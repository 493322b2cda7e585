//! What a leader does: it sends to its followers, takes their responses, commits, and changes
//! members.

use crate::deed::Deed;
use crate::message::Content;
use crate::server::{Role, Server};
use crate::types::{
    AppendEntries, ChangeMembers, Entry, InstallSnapshot, Leader, LogIdRange, Response, end,
};
use raft_progress::InflightOf;
use std::alloc::AllocError;
use steps_handlers::{HandlerError, Heartbeat, Outcome, RequestNumber, ResumeError};

/// How many entries a request carries, while no more wait to be committed. With so few a log grows
/// in steps, and a leader can be lost between two of them.
const FEW_ENTRIES: u64 = 4;

impl Server {
    /// Returns what the leader sends next to a follower: entries, a snapshot, or a heartbeat if
    /// there is nothing to send or something is in flight. Without memory it sends nothing.
    pub fn next_request(&mut self, to: u64) -> Option<Content> {
        let max_entries = self.max_entries();
        let Role::Leader(leader) = &mut self.role else {
            return None;
        };
        match leader.next_request(&self.state, &to, max_entries)? {
            InflightOf::Logs { id, log_id_range } => {
                self.entries(RequestNumber::InFlight(id), log_id_range)
            }
            InflightOf::Snapshot { id, .. } => self.snapshot(id),
            InflightOf::None => {
                let Heartbeat { request, prev } = leader.heartbeat(&self.state, &to)?;
                self.entries(request, LogIdRange::new(prev, prev))
            }
        }
    }

    /// Returns how many entries a request carries at most: a few, or all that wait to be committed.
    ///
    /// An engine bounds a request by its bytes, and a follower that is behind gets hundreds of
    /// entries at once. If each request had the same few, a follower might get no more of them than
    /// leaders append until the next election. Then no entry of a leader's own reaches a quorum,
    /// and nothing is committed any more.
    fn max_entries(&self) -> u64 {
        let uncommitted = end(self.last()).saturating_sub(end(self.state.committed));
        uncommitted.max(FEW_ENTRIES)
    }

    /// Returns a request to append the entries of a range.
    fn entries(&self, request: RequestNumber, range: LogIdRange) -> Option<Content> {
        let places = self.place(end(range.prev))..self.place(end(range.last));
        Some(Content::Append(AppendEntries {
            leader_id: self.vote().leader_id,
            request,
            prev: range.prev,
            entries: self.disk.get(places)?.to_vec(*self.disk.allocator()).ok()?,
            committed: self.state.committed,
        }))
    }

    /// Returns a request to install the leader's snapshot.
    fn snapshot(&self, request: u64) -> Option<Content> {
        Some(Content::Install(InstallSnapshot {
            leader_id: self.vote().leader_id,
            request,
            meta: self.state.snapshot_meta.try_clone().ok()?,
        }))
    }

    /// Takes the response of a follower.
    pub fn take_response(&mut self, from: u64, response: &Response) -> Result<(), HandlerError> {
        if let Outcome::HigherVote(vote) = response.outcome {
            self.hear_of(vote);
        }
        if let Role::Leader(leader) = &mut self.role {
            // A response that is late, comes twice or answers another leader is refused, and
            // changes nothing.
            if leader.handle_response(&from, response).is_err() {
                return Ok(());
            }
            // A heartbeat is answered after the request that was sent before it, or the request or
            // its response is lost.
            if matches!(response.request, RequestNumber::Heartbeat(_)) {
                leader.give_up(&from);
            }
            self.commit()?;
        }
        Ok(())
    }

    /// Returns the leader of the server's committed vote anew. Its requests get greater numbers than
    /// any that the server has sent before, so a late response is refused.
    pub fn resume(&mut self) -> Result<Leader, ResumeError> {
        self.resumptions = self.resumptions.saturating_add(1);
        let last_request = self.resumptions.saturating_mul(1 << 32);
        Leader::resume(self.id, &self.state, last_request)
    }

    /// Appends an entry with a command, if the server leads.
    pub fn propose(&mut self, command: u64) -> Result<(), HandlerError> {
        if let Role::Leader(leader) = &self.role {
            let entry = leader.propose(&mut self.state, command)?;
            self.write_own(entry)?;
        }
        Ok(())
    }

    /// Writes an entry of the leader's own to disk, and counts the leader among those that have it.
    pub fn write_own(&mut self, entry: Entry) -> Result<(), HandlerError> {
        self.disk.push(entry).map_err(AllocError::from)?;
        let last = self.last();
        if let Role::Leader(leader) = &mut self.role {
            leader.handle_flushed(&self.state, last)?;
        }
        self.commit()
    }

    /// Commits what a quorum has, if the server leads.
    fn commit(&mut self) -> Result<(), HandlerError> {
        let is_wrong = self.commits_wrongly();
        if let Role::Leader(leader) = &self.role {
            let granted = leader.granted();
            if is_wrong && self.state.can_commit(&granted) {
                self.state.update_committed(&granted)?;
            } else {
                leader.commit(&mut self.state)?;
            }
        }
        Ok(())
    }

    /// Proposes a change of members, if the server leads and the change is allowed now.
    pub fn change(&mut self, change: ChangeMembers, retain: bool) -> Result<(), HandlerError> {
        if self.changes_wrongly() {
            return self.change_wrongly(change, retain);
        }
        if let Role::Leader(leader) = &mut self.role
            && let Ok(entry) = leader.propose_change(&mut self.state, change, retain)
        {
            self.deed = Some(Deed::Changes);
            self.write_own(entry)?;
        }
        Ok(())
    }

    /// Goes on from a joint membership to its last config, in which those who leave are learners. A
    /// leader that is no voter any more retires.
    pub fn end_change(&mut self) -> Result<(), HandlerError> {
        let Role::Leader(leader) = &mut self.role else {
            return Ok(());
        };
        if leader.is_removed(&self.state) {
            self.follow();
            self.deed = Some(Deed::Retires);
        } else if let Ok(entry) = leader.leave_joint(&mut self.state, true) {
            self.deed = Some(Deed::Changes);
            self.write_own(entry)?;
        }
        Ok(())
    }
}
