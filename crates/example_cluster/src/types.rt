//! The types of the layer for the servers of the cluster. Node ids and commands are numbers, nodes
//! have no addresses, and leader ids are those of standard Raft: a term has at most one leader.
//!
//! `LeaderId` and `CommittedLeaderId` choose the kind of leader ids, and nothing else depends on
//! the kind. If they are `raft_base::LeaderId<u64>` and `raft_base::CommittedLeaderId<u64>`, the
//! cluster runs over openraft's default leader ids, but `rt check` does not prove it.

use raft_base::{EmptyNode, LogIdOf, LogIdRangeOf, VoteIn};
use raft_members::Membership;
use raft_state::{EntryOf, EntryPayload, RaftStateIn, SnapshotMetaOf};

/// The leader id of a vote: the term, and the node that the vote is for.
pub type LeaderId = raft_base::leader_id_std::LeaderId<u64>;

/// The committed leader id of a log id: the term of the leader that wrote the entry.
pub type CommittedLeaderId = raft_base::leader_id_std::CommittedLeaderId;

/// A vote: a leader id, and whether a quorum has elected the leader.
pub type Vote = VoteIn<LeaderId>;

/// A log id: a committed leader id and an index.
pub type LogId = LogIdOf<CommittedLeaderId>;

/// A range of log ids.
pub type LogIdRange = LogIdRangeOf<CommittedLeaderId>;

/// A log entry.
pub type Entry = EntryOf<CommittedLeaderId, u64, EmptyNode, u64>;

/// What an entry holds.
pub type Payload = EntryPayload<u64, EmptyNode, u64>;

/// Voters and learners.
pub type Members = Membership<u64, EmptyNode>;

/// A change of the voters or the learners.
pub type ChangeMembers = raft_members::ChangeMembers<u64, EmptyNode>;

/// What is known of a snapshot.
pub type SnapshotMeta = SnapshotMetaOf<CommittedLeaderId, u64, EmptyNode>;

/// The state of a server.
pub type State = RaftStateIn<u64, EmptyNode, u64, LeaderId, CommittedLeaderId>;

/// A candidate, with the votes for it.
pub type Candidate = steps_handlers::Candidate<u64, EmptyNode, LeaderId, CommittedLeaderId>;

/// A leader, with what it knows of its followers and of itself.
pub type Leader = steps_handlers::Leader<u64, EmptyNode, CommittedLeaderId>;

/// A candidate's request for a vote.
pub type VoteRequest = steps_handlers::VoteRequest<LeaderId, CommittedLeaderId>;

/// A voter's response to a candidate.
pub type VoteResponse = steps_handlers::VoteResponse<LeaderId>;

/// A leader's request to append entries.
pub type AppendEntries = steps_handlers::AppendEntries<
    LeaderId,
    CommittedLeaderId,
    u64,
    EmptyNode,
    u64,
>;

/// A leader's request to install its snapshot.
pub type InstallSnapshot = steps_handlers::InstallSnapshot<
    LeaderId,
    CommittedLeaderId,
    u64,
    EmptyNode,
>;

/// A follower's response to a leader.
pub type Response = steps_handlers::Response<LeaderId, CommittedLeaderId>;

/// What a request to append entries has changed.
pub type Changes = steps_handlers::Changes<CommittedLeaderId>;

/// Returns the index after a log id, or 0 after none.
pub fn end(last: Option<LogId>) -> u64 {
    match last {
        Some(log_id) => log_id.index.saturating_add(1),
        None => 0,
    }
}
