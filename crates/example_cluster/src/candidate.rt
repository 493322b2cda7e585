//! Elections: what a voter and a candidate do.

use crate::deed::Deed;
use crate::fault::Fault;
use crate::server::{Role, Server};
use crate::types::{Candidate, Leader, VoteRequest, VoteResponse};
use steps_handlers::{HandlerError, handle_vote_request};

impl Server {
    /// Campaigns in a term that is greater than any that the server has heard of, and votes for
    /// itself.
    pub fn campaign(&mut self) -> Result<(), HandlerError> {
        self.follow();
        let candidate = Candidate::campaign(self.id, self.term, &mut self.state)?;
        self.write_vote();
        self.term = self.vote().leader_id.get_term();
        self.role = Role::Candidate(candidate);
        self.lead_if_elected()
    }

    /// Answers a candidate. If the server votes for it, the server waits anew.
    pub fn vote_for(&mut self, request: &VoteRequest) -> VoteResponse {
        let own = self.vote();
        let mut request = *request;
        let term = request.vote.leader_id.get_term();
        self.term = self.term.max(term);
        match self.fault {
            Some(Fault::IgnoreLastLog) => {
                request.last_log_id = request.last_log_id.max(self.last());
            }
            Some(Fault::VoteTwice) if !own.committed && own.leader_id.get_term() == term => {
                *self.state.vote.get_mut() = request.vote;
            }
            _ => {}
        }
        let response = handle_vote_request(&mut self.state, &request);
        if response.granted {
            self.write_vote();
            self.follow();
        }
        response
    }

    /// Counts the vote of another server.
    pub fn count_vote(&mut self, from: u64, response: &VoteResponse) -> Result<(), HandlerError> {
        let own = self.vote();
        let mut response = *response;
        if self.fault == Some(Fault::CountRefusal) {
            response = VoteResponse {
                vote: own,
                granted: true,
            };
        }
        self.hear_of(response.vote);
        if let Role::Candidate(candidate) = &mut self.role {
            candidate.handle_vote_response(&from, &response);
        }
        self.lead_if_elected()
    }

    /// Becomes the leader, if a quorum has voted for the server.
    fn lead_if_elected(&mut self) -> Result<(), HandlerError> {
        match &self.role {
            Role::Candidate(candidate) if candidate.is_elected() => {
                let leader = Leader::new(&mut self.state, candidate)?;
                self.write_vote();
                self.deed = Some(Deed::Leads);
                self.lead(leader)
            }
            _ => Ok(()),
        }
    }

    /// Leads, and begins with a blank entry: only an entry of its own lets a leader commit.
    pub fn lead(&mut self, leader: Leader) -> Result<(), HandlerError> {
        let entry = leader.propose_blank(&mut self.state)?;
        self.role = Role::Leader(leader);
        self.write_own(entry)
    }
}
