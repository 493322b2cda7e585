//! What a server does in place of a step, if a fault is planted.

use crate::deed::Deed;
use crate::fault::Fault;
use crate::server::{Role, Server};
use crate::types::{ChangeMembers, Entry, LogId, Members, Payload, end};
use std::collections::BTreeSet;
use std::slice;
use steps_handlers::HandlerError;

impl Server {
    /// Whether a planted fault lets it acknowledge entries up to a log id without taking them.
    pub fn acknowledges_untaken(&self, last: Option<LogId>) -> bool {
        match (self.fault, last) {
            (Some(Fault::AcknowledgeUnwritten), Some(last)) => last.index % 8 == 7,
            (Some(Fault::KeepConflicts), Some(last)) => {
                last.index < end(self.last()) && !self.has(last)
            }
            _ => false,
        }
    }

    /// Whether a planted fault lets it commit what its quorum has, without a test.
    pub fn commits_wrongly(&self) -> bool {
        match (self.fault, &self.role) {
            (Some(Fault::CommitEarlierTerm), Role::Leader(_)) => true,
            (Some(Fault::CountOldMembers), Role::Leader(leader)) => leader.has_own_granted(),
            _ => false,
        }
    }

    /// Whether a planted fault has another way to change members.
    pub fn changes_wrongly(&self) -> bool {
        match (self.fault, &self.role) {
            (Some(Fault::ChangeEarly), Role::Leader(_)) => true,
            (Some(Fault::SkipJointConfig | Fault::CountOldMembers), Role::Leader(leader)) => {
                leader.has_own_granted()
            }
            _ => false,
        }
    }

    /// Changes members as a planted fault has it.
    pub fn change_wrongly(
        &mut self,
        change: ChangeMembers,
        retain: bool,
    ) -> Result<(), HandlerError> {
        let Some(members) = self.members_after(change, retain) else {
            return Ok(());
        };
        let entry = Entry {
            log_id: LogId::new(self.vote().leader_id.to_committed(), end(self.last())),
            payload: Payload::Membership(members),
        };
        let entries = slice::from_ref(&entry);
        if !self.state.can_append_entries(entries) || self.state.append_entries(entries).is_err() {
            return Ok(());
        }
        if self.fault != Some(Fault::CountOldMembers) {
            let leader = self.resume()?;
            self.role = Role::Leader(leader);
        }
        self.deed = Some(Deed::Changes);
        self.write_own(entry)
    }

    /// Returns the members that a change leads to, if it is allowed now: those of the last
    /// configuration at once, if the planted fault skips the joint one.
    fn members_after(&self, change: ChangeMembers, retain: bool) -> Option<Members> {
        let handler = self.state.membership_state.change_handler();
        let Ok(members) = handler.apply(change, retain) else {
            return None;
        };
        if self.fault != Some(Fault::SkipJointConfig) {
            return Some(members);
        }
        let to_last = ChangeMembers::AddVoterIds(BTreeSet::new(*self.disk.allocator()));
        members.change(to_last, true).ok()
    }
}
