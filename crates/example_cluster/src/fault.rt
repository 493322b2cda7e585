//! Faults that can be planted, to see that the checks find them.

/// What all servers of a cluster do wrong. The handlers have no faults: the cluster's own code does
/// these things before a handler, after it, or in its place.
#[derive(Clone, Copy, PartialEq, Eq)]
pub enum Fault {
    /// A leader commits what a quorum has, also if no entry of its own is among it.
    CommitEarlierTerm,
    /// A voter votes for a candidate whose log is behind its own.
    IgnoreLastLog,
    /// A voter votes again in a term in which it has voted for another candidate.
    VoteTwice,
    /// A candidate counts a vote that was refused.
    CountRefusal,
    /// A server forgets its vote when it restarts.
    ForgetVote,
    /// A server does not write a vote that it hears to disk.
    UnwrittenVote,
    /// A follower acknowledges entries that conflict with its log, and keeps its own.
    KeepConflicts,
    /// A follower acknowledges some entries that it has not written.
    AcknowledgeUnwritten,
    /// A follower acknowledges a snapshot that it has not installed.
    AcknowledgeUninstalled,
    /// A follower takes entries from a leader of a term that it has passed.
    FollowPassedLeader,
    /// A leader proposes a change before an entry of its own is committed.
    ChangeEarly,
    /// A leader changes the voters without a joint configuration.
    SkipJointConfig,
    /// A leader goes on counting by the members before a change.
    CountOldMembers,
}

/// Each fault, with its name on the command line and what `--help` says of it.
pub const FAULTS: [(Fault, &str, &str); 13] = [
    (
        Fault::CommitEarlierTerm,
        "CommitEarlierTerm",
        "a leader commits entries of earlier leaders alone",
    ),
    (
        Fault::IgnoreLastLog,
        "IgnoreLastLog",
        "a voter votes for a candidate whose log is behind",
    ),
    (
        Fault::VoteTwice,
        "VoteTwice",
        "a voter votes for two candidates in one term",
    ),
    (
        Fault::CountRefusal,
        "CountRefusal",
        "a candidate counts a vote that was refused",
    ),
    (
        Fault::ForgetVote,
        "ForgetVote",
        "a server forgets its vote when it restarts",
    ),
    (
        Fault::UnwrittenVote,
        "UnwrittenVote",
        "a server does not write a vote that it hears to disk",
    ),
    (
        Fault::KeepConflicts,
        "KeepConflicts",
        "a follower acknowledges entries but keeps its own",
    ),
    (
        Fault::AcknowledgeUnwritten,
        "AcknowledgeUnwritten",
        "a follower acknowledges entries that it has not written",
    ),
    (
        Fault::AcknowledgeUninstalled,
        "AcknowledgeUninstalled",
        "a follower acknowledges a snapshot that it has not installed",
    ),
    (
        Fault::FollowPassedLeader,
        "FollowPassedLeader",
        "a follower takes entries from a leader of an earlier term",
    ),
    (
        Fault::ChangeEarly,
        "ChangeEarly",
        "a leader changes members before an entry of its own is committed",
    ),
    (
        Fault::SkipJointConfig,
        "SkipJointConfig",
        "a leader changes voters without a joint configuration",
    ),
    (
        Fault::CountOldMembers,
        "CountOldMembers",
        "a leader goes on counting by the members before a change",
    ),
];
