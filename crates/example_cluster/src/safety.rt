//! What Raft promises of a cluster, checked after each event.

use crate::server::{Role, Server};
use crate::types::{CommittedLeaderId, LogId, end};
use raft_base::LogStateReader;
use std::alloc::{AllocError, Global};
use std::collections::BTreeMap;
use steps_handlers::HandlerError;
use thiserror::Error;
use trace_checker::checker;

/// What is wrong with a cluster.
#[derive(Debug, Clone, Copy, PartialEq, Eq, Error)]
pub enum Violation {
    /// Two servers have led with one committed leader id, that is, in one term.
    #[error("election safety: servers {0} and {1} lead with one leader id")]
    ElectionSafety(u64, u64),
    /// A leader's log does not have what it had before.
    #[error("leader append-only: leader {0} has changed its log")]
    LeaderAppendOnly(u64),
    /// Two logs have one log id in common, and differ at an index before it.
    #[error("log matching: servers {0} and {1} differ at index {2} and agree after it")]
    LogMatching(u64, u64, u64),
    /// A leader does not have an entry that an earlier leader has committed.
    #[error("leader completeness: leader {0} lacks the committed entry {1}")]
    LeaderCompleteness(u64, u64),
    /// Two servers have committed different entries at one index.
    #[error("state machine safety: server {0} has committed another entry {1}")]
    StateMachineSafety(u64, u64),
    /// The state of a server is one on which no engine may build.
    #[error("the state of server {0} is not sound")]
    Soundness(u64),
    /// The disk of a server has other entries than its log.
    #[error("the disk of server {0} differs from its log")]
    Disk(u64),
    /// A server could not do what an honest message asks.
    #[error("server {0} fails: {1}")]
    Failure(u64, HandlerError),
    /// A recorded act was not allowed by those before it. The end of the run says which.
    #[error("a rule of the laws of safety is broken")]
    BrokenRule,
    /// The cluster was left alone, and no server leads, a member of the last leader has not
    /// committed the leader's whole log, or a membership change is half done.
    #[error("it does not converge")]
    Convergence,
    /// An allocation failed.
    #[error("out of memory")]
    OutOfMemory(#[from(alloc)] AllocError),
}

impl From<checker::Violation> for Violation {
    fn from(violation: checker::Violation) -> Self {
        match violation {
            checker::Violation::OutOfMemory => AllocError.into(),
            checker::Violation::Rule(_) => Violation::BrokenRule,
        }
    }
}

/// A leader that was elected.
#[derive(Clone, Copy)]
pub struct Leadership {
    /// The id of the server that was elected.
    pub server: u64,
    /// How many were elected before.
    pub number: usize,
    /// The last log id of the server when it was last seen to lead.
    last: Option<LogId>,
}

/// An entry that was committed.
#[derive(Clone, Copy)]
pub struct CommittedEntry {
    /// The log id of the entry.
    pub log_id: LogId,
    /// The committed leader id of the leader that was the first to commit it.
    pub by: CommittedLeaderId,
}

/// Who has led, and what was committed.
#[derive(Drop)]
pub struct History {
    /// Each leader that was elected.
    pub leaders: BTreeMap<CommittedLeaderId, Leadership>,
    /// Each entry that was committed, by its index.
    pub committed: Vec<CommittedEntry>,
}

impl History {
    /// Returns a history in which nothing has happened.
    pub fn new(alloc: Global) -> Self {
        History {
            leaders: BTreeMap::new(alloc),
            committed: Vec::new(alloc),
        }
    }

    /// Checks all that Raft promises, after something has happened at one server.
    pub fn check(&mut self, server: &Server, all: &[Server]) -> Result<(), Violation> {
        check_alone(server)?;
        self.check_committed(server)?;
        for other in all {
            check_log_matching(server, other)?;
        }
        if let Role::Leader(leader) = &server.role {
            self.check_leader(server, leader.leader_id())?;
            self.check_completeness(server, leader.leader_id())?;
        }
        Ok(())
    }

    /// **State machine safety**: what a server knows to be committed is in its log, and is what
    /// others have committed at that index. A leader is the first to know it.
    fn check_committed(&mut self, server: &Server) -> Result<(), Violation> {
        let state = &server.state;
        for index in state.purged_next.saturating_sub(1)..end(state.committed) {
            let violation = Violation::StateMachineSafety(server.id, index);
            let log_id = state.get_log_id(index).ok_or(violation)?;
            match self.committed.get(index as usize) {
                Some(known) if known.log_id == log_id => {}
                Some(_) => return Err(violation),
                None => {
                    let by = server.leader_id().ok_or(violation)?;
                    self.committed.push(CommittedEntry { log_id, by })?;
                }
            }
        }
        Ok(())
    }

    /// **Election safety**: no other server leads with the leader id, and **leader append-only**: a
    /// leader's log has all that it had before.
    fn check_leader(
        &mut self,
        server: &Server,
        leader_id: CommittedLeaderId,
    ) -> Result<(), Violation> {
        let last = server.last();
        let Some(before) = self.leaders.get_mut(&leader_id) else {
            let number = self.leaders.len();
            let leadership = Leadership {
                server: server.id,
                number,
                last,
            };
            self.leaders.insert(leader_id, leadership)?;
            return Ok(());
        };
        if before.server != server.id {
            return Err(Violation::ElectionSafety(before.server, server.id));
        }
        match before.last {
            Some(last) if !server.has(last) => return Err(Violation::LeaderAppendOnly(server.id)),
            _ => before.last = last,
        }
        Ok(())
    }

    /// **Leader completeness**: a leader has each entry that an earlier leader has committed.
    fn check_completeness(
        &self,
        server: &Server,
        leader_id: CommittedLeaderId,
    ) -> Result<(), Violation> {
        for entry in self
            .committed
            .iter()
            .skip(server.state.purged_next as usize)
        {
            if entry.by <= leader_id && !server.has(entry.log_id) {
                return Err(Violation::LeaderCompleteness(server.id, entry.log_id.index));
            }
        }
        Ok(())
    }
}

/// A server's state is sound, and its disk has the entries of its log.
fn check_alone(server: &Server) -> Result<(), Violation> {
    if !server.state.is_sound() {
        return Err(Violation::Soundness(server.id));
    }
    if server.disk.len() != server.place(end(server.last())) {
        return Err(Violation::Disk(server.id));
    }
    Ok(())
}

/// **Log matching**: two logs are equal up to the last log id that both have.
fn check_log_matching(one: &Server, other: &Server) -> Result<(), Violation> {
    let first = one.state.purged_next.max(other.state.purged_next);
    let mut do_match = false;
    for index in (first..end(one.last()).min(end(other.last()))).rev() {
        do_match |= one.state.get_log_id(index) == other.state.get_log_id(index);
        let entry = one.entry(index);
        if do_match && (entry.is_none() || entry != other.entry(index)) {
            return Err(Violation::LogMatching(one.id, other.id, index));
        }
    }
    Ok(())
}
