//! The network: it loses, duplicates, reorders and delays messages, and it may be partitioned.

use crate::deed::News;
use crate::message::{Content, Message};
use rand::RngExt;
use rand_pcg::Pcg32;
use std::alloc::Global;

/// How many events a message may be on its way. A message that is older is lost.
const MAX_AGE: u64 = 200;

/// The messages that are on their way, and the partition.
#[derive(Drop)]
pub struct Network {
    messages: Vec<Message>,
    /// Whether each server is cut off. Servers reach each other if both are, or neither.
    cut_off: [bool; 5],
}

impl Network {
    /// Returns a network that is whole and has no message on its way.
    pub fn new(alloc: Global) -> Self {
        Network {
            messages: Vec::new(alloc),
            cut_off: [false; 5],
        }
    }

    /// Sends a message. It is lost if there is no memory for it.
    pub fn send(&mut self, from: u64, to: u64, sent: u64, content: Content) {
        let message = Message {
            from,
            to,
            sent,
            content,
        };
        let _ = self.messages.push(message);
    }

    /// Takes a random message from the network: it arrives, or it is lost.
    pub fn take(&mut self, random: &mut Pcg32) -> Option<Message> {
        if self.messages.is_empty() {
            return None;
        }
        let place = random.random_range(0..self.messages.len());
        Some(self.messages.swap_remove(place))
    }

    /// Loses the messages that are too old.
    pub fn lose_old(&mut self, now: u64) {
        self.messages
            .retain(|message| message.sent.saturating_add(MAX_AGE) >= now);
    }

    /// Whether a server is cut off.
    pub fn is_cut_off(&self, id: u64) -> bool {
        self.cut_off.get(id.saturating_sub(1) as usize) == Some(&true)
    }

    /// Whether messages of one server reach another.
    pub fn reaches(&self, from: u64, to: u64) -> bool {
        self.is_cut_off(from) == self.is_cut_off(to)
    }

    /// Partitions the network, or mends it if it is partitioned. Returns what has happened.
    pub fn toggle_partition(&mut self, random: &mut Pcg32) -> News {
        if self.cut_off.contains(&true) {
            self.mend();
            return News::Heals;
        }
        // One bit for each server, and not all bits are equal.
        let mut bits = random.random_range(1..31u64);
        for is_cut_off in &mut self.cut_off {
            *is_cut_off = bits % 2 == 1;
            bits /= 2;
        }
        News::Splits
    }

    /// Ends the partition, if there is one.
    pub fn mend(&mut self) {
        self.cut_off = [false; 5];
    }
}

* Assignment *
Search the data and copy each line containing "VoteRequest".

* Final answer *
pub type VoteRequest = steps_handlers::VoteRequest<LeaderId, CommittedLeaderId>;
use crate::types::{Candidate, Leader, VoteRequest, VoteResponse};
    pub fn vote_for(&mut self, request: &VoteRequest) -> VoteResponse {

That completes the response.